Lately, I was working on a project that’ll heavily concentrating on the server-side. Although those server-side stuffs aren’t really my expertise. The lucky part is that this project is about process the HTTP header and return a proper json as response.
After most of my challenges are completed, there’s one last problem for me to solve:
“How do I get only the domain name and extension name out of a host name?”
For instance, you’ve got some string domains as input:
www.google.com
www.google.co.jp
mail.google.com.hk
The expected output should be:
google.com
google.co.jp
google.com.hk
After some research, I came to know that there’s a builtin function gethostbyname
from a native C library netdb
which can be directly adopted into my program. The function is well explained in the https://www.gnu.org/software/libc/manual/html_node/Host-Names.html.
Just take a look at the solution out there, it’s easily parsing the hostname into a easy-to-use data structure which completely is the final answer to look for.
Actually, before I investigated this builtin function, I’ve got myself another solution. And here is what I thought.
# My own approach
Just by taking look at the input and output. It’s obviously an easy problem of processing strings. The first idea I came up with was cutting the first group of strings and return the rest of them.
My idea was obviously naive after running a couple of tests. Because some scenarios like multiple sub-domains weren’t taken into consideration.
For instance, a host name like this one:
one.two.abc.com
Expected result:
abc.com
If I only cut the first group of strings. The result is:
two.abc.com
It’s still far from the correct answer. Then I realized that such “obviously easy” algorithm problem shouldn’t be solved by a brute force. There must be a certain pattern in it.

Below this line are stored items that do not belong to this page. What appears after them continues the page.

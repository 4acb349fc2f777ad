//! Scripts, and what they show. Expected texts are written by hand.

use crate::runs::gives;
use batch_cli::Status;
use std::alloc::{AllocError, Global};
use std::test::Fail;

const POOL: &str = "0 add-pool {\"id\":\"p\",\"targetDedicatedNodes\":1}\n";

const MINUTES: &str =
    "0 add-schedule {\"id\":\"n\",\"schedule\":{\"recurrenceInterval\":\"PT1M\"},\"jobSpecification\":{\"poolInfo\":{\"poolId\":\"p\"},\
    \"onAllTasksComplete\":\"terminatejob\"},\"tasks\":[{\"id\":\"t\",\"commandLine\":\"w\"}]}\n\
    1000 take 1\n60000 tick\n61000 end 1 0\n";

const MINUTES_OUTPUT: &str = "1 201\n1 U15 p 1 1\n1 U11 p steady\n\
    2 201\n2 fire n-job-1 add-job 201\n2 fire n-job-1 add-tasks 200 201\n2 U16 n-job-1 t 1 1\n2 fire n-job-1 patch-job 200\n\
    3 200\n4 200\n5 200\n5 U5 n-job-1 t success\n5 U7 n-job-1\n5 U10 n-job-1 completed\n\
    5 fire n-job-2 add-job 201\n5 fire n-job-2 add-tasks 200 201\n5 U16 n-job-2 t 1 2\n5 fire n-job-2 patch-job 200\n";

const WINDOWS: &str =
    "0 add-schedule {\"id\":\"n\",\"schedule\":{\"recurrenceInterval\":\"PT2M\",\"startWindow\":\"PT1M\"},\
    \"jobSpecification\":{\"poolInfo\":{\"poolId\":\"p\"},\"onAllTasksComplete\":\"terminatejob\"},\
    \"tasks\":[{\"id\":\"t\",\"commandLine\":\"w\"}]}\n\
    1000 take 1\n60000 tick\n190000 end 1 0\n240000 tick\n\
    240000 add-schedule {\"id\":\"N\",\"jobSpecification\":{\"poolInfo\":{\"poolId\":\"p\"}}}\n\
    240000 enable-schedule n\n240000 delete-schedule x\n";

const WINDOWS_OUTPUT: &str = "1 201\n1 U15 p 1 1\n1 U11 p steady\n\
    2 201\n2 fire n-job-1 add-job 201\n2 fire n-job-1 add-tasks 200 201\n2 U16 n-job-1 t 1 1\n2 fire n-job-1 patch-job 200\n\
    3 200\n4 200\n5 200\n5 U5 n-job-1 t success\n5 U7 n-job-1\n5 U10 n-job-1 completed\n\
    6 200\n6 fire n-job-2 add-job 201\n6 fire n-job-2 add-tasks 200 201\n6 U16 n-job-2 t 1 2\n6 fire n-job-2 patch-job 200\n\
    7 409 ScheduleExists\n8 409 ScheduleStateRefuses active\n9 404 ScheduleNotFound\n";

/// Bodies that are refused, and words without arguments.
const REFUSED: &str =
    "0 list-jobs\n0 add-schedule\n0 add-schedule {\n0 add-schedule {}\n0 add-schedule {\"id\":\"n\"}\n\
    0 add-schedule {\"id\":\"n\",\"schedule\":{\"recurrenceInterval\":\"PT59S\"},\"jobSpecification\":{}}\n\
    0 add-schedule {\"id\":\"n\",\"schedule\":{\"doNotRunUntil\":\"x\"},\"jobSpecification\":{}}\n\
    0 add-schedule {\"id\":\"n\",\"jobSpecification\":{}}\n\
    0 add-schedule {\"id\":\"n\",\"jobSpecification\":{\"poolInfo\":{\"poolId\":\"p\"}},\"tasks\":[{\"id\":\"t\"}]}\n\
    0 add-schedule {\"id\":\"123456789012345678901234567890123456789012345678901\"}\n\
    x delete-schedule n\n0 disable-schedule n\n0 add-schedules {}\n";

const REFUSED_OUTPUT: &str =
    "1 200 {\"value\":[]}\n2 400 UnreadableBody\n3 400 UnreadableBody\n4 400 InvalidPropertyValue id\n\
    5 400 InvalidPropertyValue jobSpecification\n6 400 InvalidPropertyValue recurrenceInterval\n\
    7 400 InvalidPropertyValue doNotRunUntil\n8 400 InvalidPropertyValue poolId\n9 400 InvalidPropertyValue commandLine\n\
    10 400 InvalidPropertyValue id\n11 400 UnreadableBody\n12 404 ScheduleNotFound\n13 400 UnreadableBody\n";

/// A schedule that begins later, fires once and is completed, so that it is neither disabled nor enabled; its job has no tasks and stays. The
/// events of the schedule itself are no calls of the desk, so the last moment of the tables is that of the last tick.
const ONCE: &str =
    "0 add-schedule {\"id\":\"o\",\"schedule\":{\"doNotRunUntil\":\"1970-01-01T00:01:00.0009Z\"},\
    \"jobSpecification\":{\"poolInfo\":{\"poolId\":\"p\"}}}\n\
    59999 tick\n59999 disable-schedule O\n60000 tick\n60001 enable-schedule o\n60001 tick\n60002 disable-schedule o\n60002 delete-schedule o\n\
    60002 get-job o-job-1\n";

const ONCE_OUTPUT: &str = "1 201\n1 U15 p 1 1\n1 U11 p steady\n2 201\n3 200\n4 204\n5 200\n\
    6 204\n6 fire o-job-1 add-job 201\n7 200\n8 409 ScheduleStateRefuses completed\n9 202\n\
    10 200 {\"id\":\"o-job-1\",\"maxParallelTasks\":-1,\"poolId\":\"p\",\"priority\":0,\"state\":\"active\"}\n";

/// The journal is full after the job is added, so that its tasks are requested again in each turn.
const FULL_OUTPUT: &str =
    "1 201\n1 U15 p 1 1\n1 U11 p steady\n2 201\n2 fire n-job-1 add-job 201\n2 fire n-job-1 add-tasks full\n\
    3 full\n3 fire n-job-1 add-tasks full\n4 full\n4 fire n-job-1 add-tasks full\n5 full\n5 fire n-job-1 add-tasks full\n";

#[test]
fn a_schedule_of_a_minute(rt: HostRuntime) -> Result<(), Fail> {
    let script = format!(in rt.alloc(); "{POOL}{MINUTES}")?;
    let output = format!(in rt.alloc(); "{MINUTES_OUTPUT}tables 61000\n")?;
    assert!(rt;
        gives(
            rt.alloc(),
            &["calendar"],
            script.as_str(),
            &[],
            Status::Done,
            output.as_str()
        )?
    );
    Ok(())
}

#[test]
fn a_schedule_with_a_window(rt: HostRuntime) -> Result<(), Fail> {
    let script = format!(in rt.alloc(); "{POOL}{WINDOWS}")?;
    let output = format!(in rt.alloc(); "{WINDOWS_OUTPUT}tables 240000\n")?;
    assert!(rt;
        gives(
            rt.alloc(),
            &["calendar"],
            script.as_str(),
            &[],
            Status::Done,
            output.as_str()
        )?
    );
    Ok(())
}

#[test]
fn lines_that_are_refused(rt: HostRuntime) -> Result<(), Fail> {
    let output = format!(in rt.alloc(); "{REFUSED_OUTPUT}tables 0\n")?;
    assert!(rt;
        gives(
            rt.alloc(),
            &["calendar"],
            REFUSED,
            &[],
            Status::UnreadableLines,
            output.as_str()
        )?
    );
    Ok(())
}

#[test]
fn a_schedule_of_one_occurrence(rt: HostRuntime) -> Result<(), Fail> {
    let script = format!(in rt.alloc(); "{POOL}{ONCE}")?;
    let output = format!(in rt.alloc(); "{ONCE_OUTPUT}tables 60001\n")?;
    assert!(rt;
        gives(
            rt.alloc(),
            &["calendar"],
            script.as_str(),
            &[],
            Status::Done,
            output.as_str()
        )?
    );
    Ok(())
}

#[test]
fn remaining_requests_are_repeated(rt: HostRuntime) -> Result<(), Fail> {
    let script = format!(in rt.alloc(); "{POOL}{MINUTES}")?;
    let words = ["calendar", "--journal", "2"];
    assert!(rt;
        gives(
            rt.alloc(),
            &words,
            script.as_str(),
            &[],
            Status::JournalFull,
            FULL_OUTPUT
        )?
    );
    Ok(())
}

/// So many schedules that begin a day later, another one with the id of the first, and its deletion.
fn schedules(alloc: Global, count: u64) -> Result<String, AllocError> {
    let mut script = String::new(alloc);
    for n in 1..=count {
        writeln!(
            script,
            "0 add-schedule {{\"id\":\"s{n}\",\"schedule\":{{\"doNotRunUntil\":\"1970-01-02T00:00:00Z\"}},\
            \"jobSpecification\":{{\"poolInfo\":{{\"poolId\":\"p\"}}}}}}"
        )?;
    }
    script.push_str(
        "0 add-schedule {\"id\":\"S1\",\"jobSpecification\":{\"poolInfo\":{\"poolId\":\"p\"}}}\n0 delete-schedule s1\n",
    )?;
    Ok(script)
}

/// What 257 of them show: one is too many, and a schedule that is there is refused for that first.
fn schedules_output(alloc: Global) -> Result<String, AllocError> {
    let mut output = String::new(alloc);
    for n in 1..=256_u64 {
        writeln!(output, "{n} 201")?;
    }
    output.push_str(
        "257 409 TableFull schedules 256\n258 409 ScheduleExists\n259 202\ntables 0\n",
    )?;
    Ok(output)
}

#[test]
fn the_257th_schedule_is_refused(rt: HostRuntime) -> Result<(), Fail> {
    let script = schedules(rt.alloc(), 257)?;
    let output = schedules_output(rt.alloc())?;
    assert!(rt;
        gives(
            rt.alloc(),
            &["calendar"],
            script.as_str(),
            &[],
            Status::Done,
            output.as_str()
        )?
    );
    Ok(())
}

My ration told me to list all of the elements from the hostnames and then find out some aspects to brainstorm with later.
Alright. What does a hostname consist of?
Domain name + Delimiter + Extension name
For google.com
- google as domain name
.
as delimiter- com as extension name
Okay. I think I’ve found something here…
There’s actually a simple formula to balance the numbers of delimiters and sectors
delimiters = sectors - 1
Usually the extension is either 1 sector (.com) or 2 sectors (co.cc). So if I could enumerate all of the 2-sector extensions, then the domain name is apparently an easy catch.
Why?
It is quite common to say that species of the 2-sector extensions aren’t many. Most of such extensions starts with either “co” or “com”. For instance, co.jp & com.hk.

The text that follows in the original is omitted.